Il Sole Domenica 19.6.16
Lo sterminio degli oggetti
Jan Gross documenta la ricerca dell’oro e altri beni preziosi tra teschi e ossa dissotterati a Treblinka da contadini polacchi
di Sergio Luzzatto
La
fotografia non è datata, ma risale all’immediato dopoguerra, 1945 o
dintorni. Prima di finire (recentemente) nel museo di Treblinka, in
Polonia, apparteneva a un abitante del vicino villaggio di Wólka
Okraglik. La foto mostra un gruppo di gente del posto, uomini e donne,
contadini e contadine della Masovia armati di pale e di vanghe, insieme
con alcuni poliziotti. È una foto-ricordo. Il gruppo di paesani si è
radunato intorno ai frutti di un raccolto ordinatamente disposto davanti
a loro. A un primo sguardo si direbbero zucche, o cocomeri. A guardar
meglio, si riconosce che il raccolto è fatto d’altro. È un raccolto di
teschi e di ossa. Frutti dissotterrati, evidentemente, nel gibboso campo
lì intorno. Nel terreno formato dalle ceneri degli ottocentomila ebrei
gassati a Treblinka fra il luglio 1942 e l’ottobre 1943.
Studioso
polacco emigrato da tempo negli Stati Uniti, Jan Gross ha costruito
sopra una lettura di questa foto il libro Un raccolto d’oro (Einaudi).
Più che una monografia, un saggio sul nesso storico esistente fra la
distruzione degli ebrei d’Europa e l’appropriazione della loro roba. I
paesani della foto-ricordo valgono da sineddoche, sono la parte per il
tutto. Appartengono a un piccolo esercito di zappatori che nella Polonia
“liberata” dall’Armata rossa dissotterravano i resti degli ebrei nella
speranza di trovar loro addosso – ancora – qualche bene prezioso.
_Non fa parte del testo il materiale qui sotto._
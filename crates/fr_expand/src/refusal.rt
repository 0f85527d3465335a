//! Why forms are no program.
ghost use Rattle.std.specs.Prelude.{◌≡◌, ◌+◌, ◌<◌};
ghost use Rattle.fr_core.specs.WellFormed.{most_entries};

/// Why a form is refused. Where several hold of a form, the first of these is told.
#[derive(Clone, Copy, Debug, PartialEq, Eq)]
pub enum Kind {
    /// The form, or an expression in it, has the shape of no form of the language.
    Form,
    /// A name stands where what it means may not, or is bound or defined though it is reserved.
    Name,
    /// A name means nothing.
    Unbound,
    /// A name is defined, shown or bound twice.
    Twice,
    /// The expression nests above 500.
    Nesting,
    /// The body of a handler or a loop isn't pure. It is looked for where no form is refused for anything else.
    Handler,
}

/// The first form that is refused, and why.
#[derive(Clone, Copy, Debug, PartialEq, Eq)]
pub struct Refusal {
    /// The form's number, counted from 1.
    pub form: u32,
    pub kind: Kind,
}

impl Refusal {
    /// The refusal of the form at a place, counted from 0.
    pub(crate) fn at(place: usize, kind: Kind) -> Refusal
        requires { place < most_entries }
        ensures { result ≡ record { form = place + 1; kind = kind } }
    {
        Refusal {
            form: place as u32 + 1,
            kind,
        }
    }
}
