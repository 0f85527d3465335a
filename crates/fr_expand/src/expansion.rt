ghost use Rattle.std.specs.Prelude.{◌≡◌, ◌+◌, ◌<◌, ◌≤◌, IfOk, IfErr, map, Ok};
ghost use Rattle.fr_value.specs.Data.{data_of, datum_size, total};
ghost use Rattle.fr_core.specs.WellFormed.{count, roots, IsWellFormed, most_entries};
ghost use Rattle.fr_syntax.specs.Weights.{form_weight};
ghost use Rattle.fr_expand.specs.Expansion.{IsExpansion, expression_limit, most_weight};
ghost use Rattle.fr_expand.specs.Stops.{Decides, IsStopOf};
ghost use Rattle.fr_expand.specs.declared.expansion.ExpandStop.TheVariants.{Refused};

use crate::building::program_in;
use crate::first_pass::first_refusal;
use crate::refusal::{Kind, Refusal};
use crate::second_pass::first_unfit;
use crate::shaping::shaped_forms;
use fr_core::Program;
use fr_purity::classify;
use fr_scope::Globals;
use fr_syntax::Form;
use fr_value::Value;
use std::alloc::{AllocError, Global};

/// Why forms are no program.
#[derive(Debug, Drop)]
pub enum ExpandStop {
    /// Memory is wanting.
    Memory(AllocError),
    /// The first form that is refused, and why.
    Refused(Refusal),
}

impl From<AllocError> for ExpandStop {
    ghost use Rattle.std.specs.Prelude.{◌≡◌};
    ghost use Rattle.fr_expand.specs.declared.expansion.ExpandStop.TheVariants as ExpandStop;

    ghost from_gives = { λ e r. r ≡ ExpandStop.Memory e };

    fn from(e: AllocError) -> ExpandStop {
        ExpandStop::Memory(e)
    }
}

/// The program that these forms are. Their sizes are together at most 8,388,608.
///
/// The program is well formed, and has fewer than 268,435,456 expressions.
///
/// `Refused` is the forms' one refusal. `Memory` tells nothing of the forms.
pub fn expand(alloc: Global, forms: &[Value]) -> Result<Program, ExpandStop>
    requires { total (map datum_size (data_of forms.now)) ≤ most_weight }
    ensures expanded { IfOk result (λ p. IsExpansion (data_of forms.now) (Ok p)) }
    ensures well_formed { IfOk result IsWellFormed }
    ensures few { IfOk result (λ p. total (map (λ r. count r.expr) (roots p)) < expression_limit) }
    ensures refused { IfErr result (IsStopOf (data_of forms.now)) }
{
    let globals = Globals::of(alloc, forms)?;
    let shapes = shaped_forms(alloc, forms)?;
    let shaped = shapes.as_slice();
    if let Some(refusal) = first_refusal(alloc, &globals, shaped)? {
        return Err(ExpandStop::Refused(refusal));
    }
    if shaped.len() < forms.len() {
        return Err(refused(shaped.len(), Kind::Form));
    }
    fit_program(alloc, &globals, shaped)
}

/// The program that forms are which the first pass doesn't refuse, where the bodies of its handlers and loops are pure.
fn fit_program(alloc: Global, globals: &Globals, forms: &[Form]) -> Result<Program, ExpandStop>
    requires { total (map form_weight forms.now) ≤ most_weight }
    ensures { Decides globals.now forms.now result }
{
    let program = program_in(alloc, globals, forms)?;
    let classes = classify(alloc, &program)?;
    match first_unfit(&program, &classes, forms) {
        Some(at) => Err(refused(at, Kind::Handler)),
        None => Ok(program),
    }
}

/// The form at a place, counted from 0, is refused.
fn refused(place: usize, kind: Kind) -> ExpandStop
    requires { place < most_entries }
    ensures { result ≡ Refused (record { form = place + 1; kind = kind }) }
{
    ExpandStop::Refused(Refusal::at(place, kind))
}
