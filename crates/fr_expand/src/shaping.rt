//! The forms that data are, up to the first that is none.
ghost use Rattle.std.specs.Prelude.{◌≡◌, IfOk};
ghost use Rattle.fr_value.specs.Data.{data_of};
ghost use Rattle.fr_expand.specs.Shaped.{shaped};

use fr_syntax::{Form, form_of};
use fr_value::Value;
use std::alloc::{AllocError, Global};

/// The forms before the first that has no shape: all of them, where each has one.
pub(crate) fn shaped_forms(alloc: Global, forms: &[Value]) -> Result<Vec<Form>, AllocError>
    ensures { IfOk result (λ fs. fs.items ≡ shaped (data_of forms.now)) }
{
    let mut shaped = Vec::new(alloc);
    for form in forms {
        match form_of(alloc, form)? {
            Some(form) => shaped.push(form)?,
            None => return Ok(shaped),
        }
    }
    Ok(shaped)
}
Capsule dentarie d’oro, o gioielli nascosti dai morituri in chissà quali
orifizi corporali e sfuggiti alle ispezioni effettuate dalle SS sulla
soglia delle camere a gas.
Fin dal marzo 1939 (con anticipo,
dunque, sull’inizio della Seconda guerra mondiale) il governo del Terzo
Reich aveva imposto agli ebrei tedeschi la consegna di tutto il loro
oro, argento e platino. Dopodiché, il grosso dei preziosi che gli ebrei
d’Europa avevano portato con sé nel loro viaggio verso i campi di
sterminio dell’Est era stato rimesso alla Banca del Reich, dal 1942 al
’44, attraverso svariate decine di spedizioni ad hoc. In Germania, il
nesso fra la sistematica distruzione degli ebrei e la loro sistematica
depredazione aveva assunto plastica evidenza nella duplice attività
della Degussa: un’azienda chimica di Essen che deteneva – insieme – la
licenza statale di fondere, purificare, commerciare i «metalli ebraici»,
e il brevetto per la produzione dello Zyklon B, l’acido prussico delle
camere a gas di Auschwitz.
«Nel paesaggio dello sterminio degli
ebrei», ragionava già nel 1946 Rachel Auerbach, eccezionale figura di
partigiana-archivista sopravvissuta all’insurrezione e alla liquidazione
del ghetto di Varsavia, «lo sterminio degli oggetti occupa un posto
eminente. La tragedia e il maltrattamento delle cose uguagliavano la
tragedia e il maltrattamento degli uomini». Difficile darle torto,
scoprendo nel libro di Gross – ad esempio – lo zelante lavorìo delle
diverse migliaia di funzionari che operarono per settimane tra le rovine
fumanti del ghetto a trasportare le masserizie lasciate dagli ebrei, ad
accumularle in depositi, chiese, sinagoghe, a organizzarne lo smercio.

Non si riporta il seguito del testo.